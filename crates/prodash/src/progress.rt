//! What a task shows: its key, state, value and row; and progress that wraps other progress, or
//! none.
pub mod key;
pub mod logging;
pub mod utils;

pub use key::Key;
pub use logging::Log;
pub use prodash_base::progress::{
    AtomicStep, Id, Row, Rows, State, Step, StepShared, UNKNOWN, Value,
};
pub use prodash_core::tree::Task;
pub use utils::{AnyProgress, Discard, DoOrDiscard, Either, Reporter, ThroughputOnDrop};
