//! Laws of the definitions that contracts cite: functions that do nothing, whose contracts state
//! them for all values.
ghost use Rattle.std.specs.Prelude.{ℕ, List};
ghost use Rattle.prodash_base.specs.Rings.{Ring};
ghost use Rattle.prodash_base.specs.declared.messages.Message.{Message};
ghost use Rattle.prodash_core.specs.Trees.{Tree};
ghost use Rattle.prodash.specs.Callers.{KeepsPushed, ListsAdded};
ghost use Rattle.prodash.specs.FirstFrames.{ShowsFirst};

pub use prodash_base::laws::{
    copies_have_what_is_new, days_have_one_date, no_message_is_copied_twice,
    rates_are_over_the_latest_second, rings_keep_the_last,
};
pub use prodash_core::laws::deferred_requests_wait;
pub use prodash_line::laws::one_spelling;

/// A ring keeps a message that is pushed, unless it keeps none.
#[tactic(auto, using(crate::proofs::CallerLaws::push_keeps))]
pub fn rings_keep_a_push()
    ensures { (ring : Ring) (m : Message) → KeepsPushed ring m }
{}

/// The rows of a tree have the row of a task that was added.
#[tactic(auto, using(crate::proofs::CallerLaws::added_is_listed))]
pub fn rows_have_an_added_task()
    ensures { (t t' : Tree) (parent : ℕ) (name id : List ℕ) → ListsAdded t t' parent name id }
{}

/// In a new session with default options the first frame of a task writes the line of its row.
#[tactic(auto, using(crate::proofs::FirstFrames::shows_task))]
pub fn first_frames_show_a_task()
    ensures { (name : List ℕ) (step bound : ℕ) → ShowsFirst name step bound }
{}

•••••

### DIRECTIONS FOR THIS TASK
In your answer, print every entry exactly as it appears.

### TASK ANSWER
filename crates/prodash/src/progress.rt
//! What a task shows: its key, state, value and row; and progress that wraps other progress, or
//! none.
pub mod key;
pub mod logging;
pub mod utils;

pub use key::Key;
pub use logging::Log;
pub use prodash_base::progress::{
    AtomicStep, Id, Row, Rows, State, Step, StepShared, UNKNOWN, Value,
};
pub use prodash_core::tree::Task;
pub use utils::{AnyProgress, Discard, DoOrDiscard, Either, Reporter, ThroughputOnDrop};
//! Laws of the definitions that contracts cite: functions that do nothing, whose contracts state
//! them for all values.
ghost use Rattle.std.specs.Prelude.{ℕ, List};
ghost use Rattle.prodash_base.specs.Rings.{Ring};
ghost use Rattle.prodash_base.specs.declared.messages.Message.{Message};
ghost use Rattle.prodash_core.specs.Trees.{Tree};
ghost use Rattle.prodash.specs.Callers.{KeepsPushed, ListsAdded};
ghost use Rattle.prodash.specs.FirstFrames.{ShowsFirst};

pub use prodash_base::laws::{
    copies_have_what_is_new, days_have_one_date, no_message_is_copied_twice,
    rates_are_over_the_latest_second, rings_keep_the_last,
};
pub use prodash_core::laws::deferred_requests_wait;
pub use prodash_line::laws::one_spelling;

/// A ring keeps a message that is pushed, unless it keeps none.
#[tactic(auto, using(crate::proofs::CallerLaws::push_keeps))]
pub fn rings_keep_a_push()
    ensures { (ring : Ring) (m : Message) → KeepsPushed ring m }
{}

/// The rows of a tree have the row of a task that was added.
#[tactic(auto, using(crate::proofs::CallerLaws::added_is_listed))]
pub fn rows_have_an_added_task()
    ensures { (t t' : Tree) (parent : ℕ) (name id : List ℕ) → ListsAdded t t' parent name id }
{}

/// In a new session with default options the first frame of a task writes the line of its row.
#[tactic(auto, using(crate::proofs::FirstFrames::shows_task))]
pub fn first_frames_show_a_task()
    ensures { (name : List ℕ) (step bound : ℕ) → ShowsFirst name step bound }
{}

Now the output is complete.